• [Record set]:

┌────────

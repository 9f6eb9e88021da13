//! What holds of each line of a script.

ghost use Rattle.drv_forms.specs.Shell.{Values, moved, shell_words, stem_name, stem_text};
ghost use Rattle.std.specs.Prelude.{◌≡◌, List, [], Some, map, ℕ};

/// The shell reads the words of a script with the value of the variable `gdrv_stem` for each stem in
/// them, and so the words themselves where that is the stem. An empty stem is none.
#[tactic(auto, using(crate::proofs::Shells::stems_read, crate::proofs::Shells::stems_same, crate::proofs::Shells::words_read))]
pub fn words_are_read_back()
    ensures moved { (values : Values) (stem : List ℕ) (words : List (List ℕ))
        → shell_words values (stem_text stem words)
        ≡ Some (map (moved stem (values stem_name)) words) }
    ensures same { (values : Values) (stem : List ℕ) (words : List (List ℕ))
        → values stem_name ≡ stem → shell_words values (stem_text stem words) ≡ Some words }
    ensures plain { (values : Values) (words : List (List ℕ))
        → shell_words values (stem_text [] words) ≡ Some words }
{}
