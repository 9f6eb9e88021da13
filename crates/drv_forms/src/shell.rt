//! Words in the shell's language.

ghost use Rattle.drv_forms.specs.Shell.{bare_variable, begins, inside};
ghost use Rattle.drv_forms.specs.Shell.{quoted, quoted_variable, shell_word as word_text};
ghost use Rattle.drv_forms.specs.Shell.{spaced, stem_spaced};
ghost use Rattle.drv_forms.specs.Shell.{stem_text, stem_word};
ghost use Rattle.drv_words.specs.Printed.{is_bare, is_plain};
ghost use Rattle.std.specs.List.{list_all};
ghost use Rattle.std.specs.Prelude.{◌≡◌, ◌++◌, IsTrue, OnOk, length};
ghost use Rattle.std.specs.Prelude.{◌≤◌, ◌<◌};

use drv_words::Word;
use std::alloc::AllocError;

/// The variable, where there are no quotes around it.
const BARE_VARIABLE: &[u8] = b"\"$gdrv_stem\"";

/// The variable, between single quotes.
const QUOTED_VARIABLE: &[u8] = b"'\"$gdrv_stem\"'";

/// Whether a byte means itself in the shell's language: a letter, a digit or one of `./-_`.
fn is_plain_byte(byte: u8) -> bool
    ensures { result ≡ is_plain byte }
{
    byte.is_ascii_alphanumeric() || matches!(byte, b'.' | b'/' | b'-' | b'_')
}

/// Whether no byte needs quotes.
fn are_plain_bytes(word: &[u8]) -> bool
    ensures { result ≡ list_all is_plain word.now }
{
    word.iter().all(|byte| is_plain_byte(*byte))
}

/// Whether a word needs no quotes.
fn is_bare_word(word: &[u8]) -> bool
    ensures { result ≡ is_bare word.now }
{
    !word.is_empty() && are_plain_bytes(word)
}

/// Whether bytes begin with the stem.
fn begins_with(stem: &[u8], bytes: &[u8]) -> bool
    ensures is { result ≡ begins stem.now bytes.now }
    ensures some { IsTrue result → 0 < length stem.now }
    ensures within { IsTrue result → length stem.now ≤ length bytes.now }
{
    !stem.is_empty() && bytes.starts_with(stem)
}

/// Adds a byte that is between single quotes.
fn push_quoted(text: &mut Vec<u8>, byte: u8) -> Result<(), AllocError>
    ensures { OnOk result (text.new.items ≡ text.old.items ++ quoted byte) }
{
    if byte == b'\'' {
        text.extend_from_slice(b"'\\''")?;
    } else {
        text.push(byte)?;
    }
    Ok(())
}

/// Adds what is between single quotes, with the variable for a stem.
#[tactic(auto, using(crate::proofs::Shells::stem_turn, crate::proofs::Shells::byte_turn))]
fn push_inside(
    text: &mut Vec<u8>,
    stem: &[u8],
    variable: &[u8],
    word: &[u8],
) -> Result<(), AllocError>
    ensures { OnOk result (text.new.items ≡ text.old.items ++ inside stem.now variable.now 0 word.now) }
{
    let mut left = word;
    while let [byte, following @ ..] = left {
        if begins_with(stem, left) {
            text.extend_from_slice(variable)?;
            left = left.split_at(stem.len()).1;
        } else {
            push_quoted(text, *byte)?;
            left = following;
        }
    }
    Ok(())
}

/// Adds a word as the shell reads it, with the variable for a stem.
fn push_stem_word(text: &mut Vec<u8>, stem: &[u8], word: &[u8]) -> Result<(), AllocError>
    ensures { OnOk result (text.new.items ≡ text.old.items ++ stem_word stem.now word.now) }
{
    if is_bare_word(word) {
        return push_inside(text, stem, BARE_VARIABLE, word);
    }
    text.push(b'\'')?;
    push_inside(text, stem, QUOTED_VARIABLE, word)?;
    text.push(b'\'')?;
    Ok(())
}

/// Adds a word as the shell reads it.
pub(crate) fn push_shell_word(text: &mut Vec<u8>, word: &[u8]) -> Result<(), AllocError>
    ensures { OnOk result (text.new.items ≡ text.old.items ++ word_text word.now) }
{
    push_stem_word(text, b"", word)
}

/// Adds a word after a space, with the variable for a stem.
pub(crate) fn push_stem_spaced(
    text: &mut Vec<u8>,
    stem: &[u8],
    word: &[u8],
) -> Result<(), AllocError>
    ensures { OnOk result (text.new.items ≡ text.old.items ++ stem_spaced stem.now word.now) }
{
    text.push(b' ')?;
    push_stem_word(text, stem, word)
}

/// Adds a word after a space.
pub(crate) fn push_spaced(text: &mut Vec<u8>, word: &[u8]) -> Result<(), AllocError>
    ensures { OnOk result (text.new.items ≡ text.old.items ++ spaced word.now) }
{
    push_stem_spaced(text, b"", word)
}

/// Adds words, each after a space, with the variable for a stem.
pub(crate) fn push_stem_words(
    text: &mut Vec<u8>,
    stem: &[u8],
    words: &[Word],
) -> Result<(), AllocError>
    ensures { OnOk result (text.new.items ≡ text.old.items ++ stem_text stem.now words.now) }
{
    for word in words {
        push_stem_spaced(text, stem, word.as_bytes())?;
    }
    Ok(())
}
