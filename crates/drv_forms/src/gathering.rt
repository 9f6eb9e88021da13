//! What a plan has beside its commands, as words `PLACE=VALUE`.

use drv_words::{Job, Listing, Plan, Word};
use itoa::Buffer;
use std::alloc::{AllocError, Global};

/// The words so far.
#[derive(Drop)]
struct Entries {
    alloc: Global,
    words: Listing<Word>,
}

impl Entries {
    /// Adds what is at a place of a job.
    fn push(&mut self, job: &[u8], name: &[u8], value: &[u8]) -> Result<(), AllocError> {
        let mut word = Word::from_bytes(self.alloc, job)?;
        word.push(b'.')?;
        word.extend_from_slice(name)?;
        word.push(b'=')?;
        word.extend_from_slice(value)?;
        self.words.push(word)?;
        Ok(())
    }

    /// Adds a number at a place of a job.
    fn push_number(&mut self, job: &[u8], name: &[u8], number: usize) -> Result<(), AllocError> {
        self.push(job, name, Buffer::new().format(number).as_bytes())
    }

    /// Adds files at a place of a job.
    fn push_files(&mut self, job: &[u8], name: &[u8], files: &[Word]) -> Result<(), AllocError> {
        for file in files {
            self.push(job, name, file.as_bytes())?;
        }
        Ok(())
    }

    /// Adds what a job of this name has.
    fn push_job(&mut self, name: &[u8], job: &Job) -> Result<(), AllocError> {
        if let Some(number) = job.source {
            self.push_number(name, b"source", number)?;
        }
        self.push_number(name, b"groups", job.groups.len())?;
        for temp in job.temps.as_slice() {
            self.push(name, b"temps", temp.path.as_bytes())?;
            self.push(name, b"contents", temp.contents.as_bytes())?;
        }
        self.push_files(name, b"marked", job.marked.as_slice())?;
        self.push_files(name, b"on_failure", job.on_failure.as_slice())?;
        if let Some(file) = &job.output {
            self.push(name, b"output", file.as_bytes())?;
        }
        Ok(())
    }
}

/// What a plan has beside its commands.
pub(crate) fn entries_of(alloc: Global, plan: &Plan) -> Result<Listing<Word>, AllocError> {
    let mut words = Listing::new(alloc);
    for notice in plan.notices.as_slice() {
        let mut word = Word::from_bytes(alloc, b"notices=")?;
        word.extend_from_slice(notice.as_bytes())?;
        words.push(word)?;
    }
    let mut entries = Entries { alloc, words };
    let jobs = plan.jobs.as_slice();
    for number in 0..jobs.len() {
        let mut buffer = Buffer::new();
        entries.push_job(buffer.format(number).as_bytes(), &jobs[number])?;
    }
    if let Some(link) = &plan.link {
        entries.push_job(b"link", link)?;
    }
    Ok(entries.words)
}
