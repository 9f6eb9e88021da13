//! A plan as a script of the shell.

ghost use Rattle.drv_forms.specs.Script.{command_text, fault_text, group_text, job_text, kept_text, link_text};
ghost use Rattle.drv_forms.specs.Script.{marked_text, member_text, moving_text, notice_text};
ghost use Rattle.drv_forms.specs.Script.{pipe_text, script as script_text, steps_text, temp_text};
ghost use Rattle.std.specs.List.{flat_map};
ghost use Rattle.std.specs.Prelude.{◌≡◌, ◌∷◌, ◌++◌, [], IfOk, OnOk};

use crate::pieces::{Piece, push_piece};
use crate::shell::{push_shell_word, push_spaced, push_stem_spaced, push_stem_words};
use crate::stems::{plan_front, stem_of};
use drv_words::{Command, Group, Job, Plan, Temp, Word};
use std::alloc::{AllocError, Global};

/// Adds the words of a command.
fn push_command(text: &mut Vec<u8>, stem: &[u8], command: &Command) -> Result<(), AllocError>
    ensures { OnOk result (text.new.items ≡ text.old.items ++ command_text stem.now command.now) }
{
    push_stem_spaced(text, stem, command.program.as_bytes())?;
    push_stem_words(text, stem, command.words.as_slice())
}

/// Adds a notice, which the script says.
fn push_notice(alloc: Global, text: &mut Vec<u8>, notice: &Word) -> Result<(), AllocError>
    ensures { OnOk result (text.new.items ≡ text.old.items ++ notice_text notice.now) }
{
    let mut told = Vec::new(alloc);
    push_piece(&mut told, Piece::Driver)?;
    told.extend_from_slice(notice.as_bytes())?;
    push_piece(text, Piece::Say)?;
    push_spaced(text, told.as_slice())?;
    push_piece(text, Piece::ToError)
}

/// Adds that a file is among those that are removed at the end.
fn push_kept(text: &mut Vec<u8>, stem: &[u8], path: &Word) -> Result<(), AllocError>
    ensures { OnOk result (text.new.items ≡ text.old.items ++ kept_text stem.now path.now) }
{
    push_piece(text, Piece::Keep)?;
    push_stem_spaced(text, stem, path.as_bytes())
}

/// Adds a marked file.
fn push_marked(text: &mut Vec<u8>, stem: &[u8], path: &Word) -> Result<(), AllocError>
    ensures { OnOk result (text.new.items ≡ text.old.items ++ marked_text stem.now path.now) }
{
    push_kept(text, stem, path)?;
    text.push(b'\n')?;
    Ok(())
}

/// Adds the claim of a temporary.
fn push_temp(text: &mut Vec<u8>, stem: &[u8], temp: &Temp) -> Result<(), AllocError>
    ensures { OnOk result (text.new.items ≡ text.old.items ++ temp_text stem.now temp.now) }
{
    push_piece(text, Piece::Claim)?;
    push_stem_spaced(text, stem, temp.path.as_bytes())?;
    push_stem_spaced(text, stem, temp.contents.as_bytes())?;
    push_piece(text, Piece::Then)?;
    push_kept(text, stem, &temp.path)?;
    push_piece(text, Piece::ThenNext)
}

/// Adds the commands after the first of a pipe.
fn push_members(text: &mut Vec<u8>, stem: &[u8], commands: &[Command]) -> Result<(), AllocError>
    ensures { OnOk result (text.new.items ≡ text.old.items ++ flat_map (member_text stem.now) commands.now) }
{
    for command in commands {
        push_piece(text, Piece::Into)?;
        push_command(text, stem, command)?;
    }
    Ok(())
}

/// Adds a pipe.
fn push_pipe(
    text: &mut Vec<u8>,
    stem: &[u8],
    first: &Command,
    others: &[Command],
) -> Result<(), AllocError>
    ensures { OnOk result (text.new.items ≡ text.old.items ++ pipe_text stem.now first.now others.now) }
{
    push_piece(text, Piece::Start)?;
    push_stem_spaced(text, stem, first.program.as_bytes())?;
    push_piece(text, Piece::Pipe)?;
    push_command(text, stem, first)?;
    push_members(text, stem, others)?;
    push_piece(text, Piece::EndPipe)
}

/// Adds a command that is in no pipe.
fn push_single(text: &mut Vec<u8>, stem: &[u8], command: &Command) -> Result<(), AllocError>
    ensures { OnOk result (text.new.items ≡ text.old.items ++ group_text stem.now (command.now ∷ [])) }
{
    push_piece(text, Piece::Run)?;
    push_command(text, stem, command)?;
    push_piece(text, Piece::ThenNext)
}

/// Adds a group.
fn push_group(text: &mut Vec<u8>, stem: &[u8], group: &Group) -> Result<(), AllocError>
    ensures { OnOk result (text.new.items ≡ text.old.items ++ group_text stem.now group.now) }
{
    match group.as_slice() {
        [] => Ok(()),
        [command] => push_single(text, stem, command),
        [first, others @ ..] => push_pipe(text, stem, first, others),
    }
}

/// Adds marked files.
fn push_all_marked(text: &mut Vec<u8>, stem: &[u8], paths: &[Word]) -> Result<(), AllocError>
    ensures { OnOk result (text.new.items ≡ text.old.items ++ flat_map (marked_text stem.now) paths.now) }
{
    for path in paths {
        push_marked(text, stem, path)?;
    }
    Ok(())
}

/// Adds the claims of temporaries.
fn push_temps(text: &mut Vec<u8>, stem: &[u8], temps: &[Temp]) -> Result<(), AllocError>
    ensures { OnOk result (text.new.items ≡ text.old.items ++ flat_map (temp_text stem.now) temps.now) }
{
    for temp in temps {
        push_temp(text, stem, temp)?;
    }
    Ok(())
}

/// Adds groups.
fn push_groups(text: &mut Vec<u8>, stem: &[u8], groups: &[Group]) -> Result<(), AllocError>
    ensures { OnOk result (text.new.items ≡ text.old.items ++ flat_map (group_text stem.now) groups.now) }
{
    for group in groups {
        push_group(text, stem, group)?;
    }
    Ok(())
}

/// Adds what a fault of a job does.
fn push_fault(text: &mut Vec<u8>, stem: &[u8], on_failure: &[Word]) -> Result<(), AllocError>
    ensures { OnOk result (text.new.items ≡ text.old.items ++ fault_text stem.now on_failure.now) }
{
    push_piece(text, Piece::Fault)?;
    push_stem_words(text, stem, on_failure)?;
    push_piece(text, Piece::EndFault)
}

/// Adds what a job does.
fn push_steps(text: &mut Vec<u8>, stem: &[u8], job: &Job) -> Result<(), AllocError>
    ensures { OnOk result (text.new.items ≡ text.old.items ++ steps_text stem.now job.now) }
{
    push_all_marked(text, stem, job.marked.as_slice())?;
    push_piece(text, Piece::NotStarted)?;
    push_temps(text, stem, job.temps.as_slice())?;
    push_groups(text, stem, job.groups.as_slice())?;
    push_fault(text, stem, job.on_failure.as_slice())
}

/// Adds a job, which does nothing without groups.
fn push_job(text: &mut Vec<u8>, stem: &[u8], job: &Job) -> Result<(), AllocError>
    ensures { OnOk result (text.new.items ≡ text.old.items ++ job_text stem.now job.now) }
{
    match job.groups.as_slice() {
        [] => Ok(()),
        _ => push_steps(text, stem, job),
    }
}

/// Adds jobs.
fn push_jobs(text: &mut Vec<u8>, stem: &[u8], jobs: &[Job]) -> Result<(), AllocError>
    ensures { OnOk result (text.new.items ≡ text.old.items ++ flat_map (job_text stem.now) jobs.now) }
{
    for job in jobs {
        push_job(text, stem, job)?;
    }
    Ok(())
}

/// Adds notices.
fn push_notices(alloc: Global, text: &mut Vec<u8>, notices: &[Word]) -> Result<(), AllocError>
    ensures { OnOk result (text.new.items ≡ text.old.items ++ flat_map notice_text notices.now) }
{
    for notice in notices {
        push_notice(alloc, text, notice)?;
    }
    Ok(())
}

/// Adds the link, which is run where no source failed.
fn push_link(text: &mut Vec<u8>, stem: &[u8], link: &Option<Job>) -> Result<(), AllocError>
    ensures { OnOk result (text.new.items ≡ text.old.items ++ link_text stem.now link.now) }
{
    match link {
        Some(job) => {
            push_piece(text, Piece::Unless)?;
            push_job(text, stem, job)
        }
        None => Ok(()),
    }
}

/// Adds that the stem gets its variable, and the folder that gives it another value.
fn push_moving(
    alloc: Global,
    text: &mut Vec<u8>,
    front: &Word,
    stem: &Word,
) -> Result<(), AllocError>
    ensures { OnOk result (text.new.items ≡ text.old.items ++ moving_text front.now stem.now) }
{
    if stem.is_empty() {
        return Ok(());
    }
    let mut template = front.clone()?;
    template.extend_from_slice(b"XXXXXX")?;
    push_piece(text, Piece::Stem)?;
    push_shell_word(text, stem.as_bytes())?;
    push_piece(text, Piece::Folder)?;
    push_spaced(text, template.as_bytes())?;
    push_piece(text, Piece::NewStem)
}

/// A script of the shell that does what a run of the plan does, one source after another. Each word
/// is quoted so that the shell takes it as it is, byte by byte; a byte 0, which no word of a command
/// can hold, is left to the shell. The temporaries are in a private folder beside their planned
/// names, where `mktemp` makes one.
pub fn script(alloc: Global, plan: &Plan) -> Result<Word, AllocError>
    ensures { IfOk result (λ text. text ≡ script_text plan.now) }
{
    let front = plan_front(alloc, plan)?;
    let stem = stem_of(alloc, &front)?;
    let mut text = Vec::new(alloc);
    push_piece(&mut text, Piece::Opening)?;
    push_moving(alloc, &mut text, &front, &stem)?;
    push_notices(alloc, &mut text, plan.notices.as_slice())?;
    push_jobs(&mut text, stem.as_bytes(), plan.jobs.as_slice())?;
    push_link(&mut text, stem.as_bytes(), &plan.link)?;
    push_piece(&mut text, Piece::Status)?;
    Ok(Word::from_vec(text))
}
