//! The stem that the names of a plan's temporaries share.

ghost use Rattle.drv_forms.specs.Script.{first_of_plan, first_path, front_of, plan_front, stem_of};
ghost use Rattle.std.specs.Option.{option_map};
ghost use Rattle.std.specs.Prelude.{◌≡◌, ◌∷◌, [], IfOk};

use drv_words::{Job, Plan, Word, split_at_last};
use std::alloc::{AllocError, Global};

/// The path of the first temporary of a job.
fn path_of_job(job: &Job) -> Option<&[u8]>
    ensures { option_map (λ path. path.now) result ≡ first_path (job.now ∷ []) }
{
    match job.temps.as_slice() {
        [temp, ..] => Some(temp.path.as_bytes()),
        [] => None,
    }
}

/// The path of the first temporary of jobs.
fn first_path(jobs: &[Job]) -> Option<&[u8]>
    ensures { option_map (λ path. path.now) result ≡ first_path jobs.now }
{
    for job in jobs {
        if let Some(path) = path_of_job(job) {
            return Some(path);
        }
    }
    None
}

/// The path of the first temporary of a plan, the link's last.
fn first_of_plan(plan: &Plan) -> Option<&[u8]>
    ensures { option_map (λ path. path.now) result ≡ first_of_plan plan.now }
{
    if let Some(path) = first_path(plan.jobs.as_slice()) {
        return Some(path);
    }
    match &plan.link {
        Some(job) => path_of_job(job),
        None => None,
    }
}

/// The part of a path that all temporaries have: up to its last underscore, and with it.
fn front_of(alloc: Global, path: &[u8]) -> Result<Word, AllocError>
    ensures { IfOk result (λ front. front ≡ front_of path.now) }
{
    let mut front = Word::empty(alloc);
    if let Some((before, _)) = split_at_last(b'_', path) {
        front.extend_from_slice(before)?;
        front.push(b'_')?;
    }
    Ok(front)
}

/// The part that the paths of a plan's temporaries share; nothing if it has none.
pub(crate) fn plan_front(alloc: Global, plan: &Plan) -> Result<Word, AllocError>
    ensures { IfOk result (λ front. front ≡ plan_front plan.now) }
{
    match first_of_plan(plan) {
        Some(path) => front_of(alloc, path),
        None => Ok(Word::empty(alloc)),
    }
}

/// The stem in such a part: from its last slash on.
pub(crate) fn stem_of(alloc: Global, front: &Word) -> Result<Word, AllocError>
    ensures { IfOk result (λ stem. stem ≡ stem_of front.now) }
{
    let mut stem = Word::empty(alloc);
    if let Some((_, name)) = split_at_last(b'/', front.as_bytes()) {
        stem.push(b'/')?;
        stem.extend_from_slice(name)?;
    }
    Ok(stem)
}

└────────

Above is a listing; report how many of its lines include the word "IfOk", giving the number only.

6